Repeat the records word for word.

....

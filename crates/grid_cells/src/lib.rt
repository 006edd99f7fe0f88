// A grid's cells over a survey, row by row, into lent cells and into an array of their own.
#![tactic(auto)]

ghost use Rattle.std.specs.Prelude.{◌≡◌, true, ◌<◌, length, take};
ghost use Rattle.model.specs.Grid.{proper, cell_count, cell_location, row, cells as cells_of};
ghost use Rattle.refusal.specs.Numbered.{numbered};
ghost use Rattle.grid_rules.specs.GridOf.{grid_of};
ghost use Rattle.survey.specs.StateOf.{state_of};
ghost use Rattle.survey.specs.LookedUp.{looked_up, Rounded};
ghost use Rattle.grid_cells.specs.CellsRight.{RowRight, CellsRight};

use grid_rules::Grid;
use refusal::Refusal;
use survey::{Found, Survey};

// The lookup where column c and row r are.
fn look(s: Survey, g: Grid, c: usize, r: usize) -> Result<Found, Refusal>
    requires { (c < 64) × (r < 64) }
    ensures value { numbered result ≡ looked_up (state_of s) (cell_location (grid_of g) c r).x (cell_location (grid_of g) c r).y }
    ensures rounded { Rounded (state_of s) (cell_location (grid_of g) c r) (numbered result) }
{
    let x = grid_rules::coordinate(g.x0, g.step_x, c);
    let y = grid_rules::coordinate(g.y0, g.step_y, r);
    survey::lookup(s, x, y)
}

// The cells of row r, x ascending.
pub fn fill_row(s: Survey, g: Grid, r: usize, out: &mut [i16])
    requires { (proper (grid_of g) ≡ true) × (0 < length (state_of s).contents.points) × (r < g.rows) × (length out.old ≡ g.columns) }
    ensures out_after { out.new ≡ row (state_of s) (grid_of g) r }
    ensures row_right { RowRight (state_of s) (grid_of g) r }
{
    for (c, cell) in out.iter_mut().enumerate() {
        let Ok(found) = look(s, g, c, r) else {
            return;
        };
        *cell = found.answer;
    }
}

// All cells, y ascending.
pub fn fill(s: Survey, g: Grid, out: &mut [i16])
    requires { (proper (grid_of g) ≡ true) × (0 < length (state_of s).contents.points) × (length out.old ≡ cell_count (grid_of g)) }
    ensures out_after { out.new ≡ cells_of (state_of s) (grid_of g) }
    ensures cells_right { CellsRight (state_of s) (grid_of g) }
{
    let columns = usize::from(g.columns);
    let mut at = 0;
    // By the index of the row: the contract of chunks_exact_mut does not say what the list ends as.
    for r in 0..usize::from(g.rows) {
        let end = at + columns;
        fill_row(s, g, r, &mut out[at..end]);
        at = end;
    }
}

// Room for the cells of the largest grid.
fn blank() -> [i16; 4096]
    ensures { 4096 ≡ length result }
{
    [0; 4096]
}

// All cells at the front of an array of their own; what stands behind them is free.
pub fn cells(s: Survey, g: Grid) -> [i16; 4096]
    requires { (proper (grid_of g) ≡ true) × (0 < length (state_of s).contents.points) }
    ensures result_value { (take (cell_count (grid_of g)) result ≡ cells_of (state_of s) (grid_of g)) × (4096 ≡ length result) }
    ensures cells_right { CellsRight (state_of s) (grid_of g) }
{
    let n = grid_rules::cell_count(g);
    let mut values = blank();
    fill(s, g, &mut values[..n]);
    values
}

....

Output for this task:
filename crates/grid_cells/src/lib.rt
repository 006edd99f7fe0f88
// A grid's cells over a survey, row by row, into lent cells and into an array of their own.
#![tactic(auto)]

ghost use Rattle.std.specs.Prelude.{◌≡◌, true, ◌<◌, length, take};
ghost use Rattle.model.specs.Grid.{proper, cell_count, cell_location, row, cells as cells_of};
ghost use Rattle.refusal.specs.Numbered.{numbered};
ghost use Rattle.grid_rules.specs.GridOf.{grid_of};
ghost use Rattle.survey.specs.StateOf.{state_of};
ghost use Rattle.survey.specs.LookedUp.{looked_up, Rounded};
ghost use Rattle.grid_cells.specs.CellsRight.{RowRight, CellsRight};

use grid_rules::Grid;
use refusal::Refusal;
use survey::{Found, Survey};

// The lookup where column c and row r are.
fn look(s: Survey, g: Grid, c: usize, r: usize) -> Result<Found, Refusal>
    requires { (c < 64) × (r < 64) }
    ensures value { numbered result ≡ looked_up (state_of s) (cell_location (grid_of g) c r).x (cell_location (grid_of g) c r).y }
    ensures rounded { Rounded (state_of s) (cell_location (grid_of g) c r) (numbered result) }
{
    let x = grid_rules::coordinate(g.x0, g.step_x, c);
    let y = grid_rules::coordinate(g.y0, g.step_y, r);
    survey::lookup(s, x, y)
}

// The cells of row r, x ascending.
pub fn fill_row(s: Survey, g: Grid, r: usize, out: &mut [i16])
    requires { (proper (grid_of g) ≡ true) × (0 < length (state_of s).contents.points) × (r < g.rows) × (length out.old ≡ g.columns) }
    ensures out_after { out.new ≡ row (state_of s) (grid_of g) r }
    ensures row_right { RowRight (state_of s) (grid_of g) r }
{
    for (c, cell) in out.iter_mut().enumerate() {
        let Ok(found) = look(s, g, c, r) else {
            return;
        };
        *cell = found.answer;
    }
}

// All cells, y ascending.
pub fn fill(s: Survey, g: Grid, out: &mut [i16])
    requires { (proper (grid_of g) ≡ true) × (0 < length (state_of s).contents.points) × (length out.old ≡ cell_count (grid_of g)) }
    ensures out_after { out.new ≡ cells_of (state_of s) (grid_of g) }
    ensures cells_right { CellsRight (state_of s) (grid_of g) }
{
    let columns = usize::from(g.columns);
    let mut at = 0;
    // By the index of the row: the contract of chunks_exact_mut does not say what the list ends as.
    for r in 0..usize::from(g.rows) {
        let end = at + columns;
        fill_row(s, g, r, &mut out[at..end]);
        at = end;
    }
}

// Room for the cells of the largest grid.
fn blank() -> [i16; 4096]
    ensures { 4096 ≡ length result }
{
    [0; 4096]
}

// All cells at the front of an array of their own; what stands behind them is free.
pub fn cells(s: Survey, g: Grid) -> [i16; 4096]
    requires { (proper (grid_of g) ≡ true) × (0 < length (state_of s).contents.points) }
    ensures result_value { (take (cell_count (grid_of g)) result ≡ cells_of (state_of s) (grid_of g)) × (4096 ≡ length result) }
    ensures cells_right { CellsRight (state_of s) (grid_of g) }
{
    let n = grid_rules::cell_count(g);
    let mut values = blank();
    fill(s, g, &mut values[..n]);
    values
}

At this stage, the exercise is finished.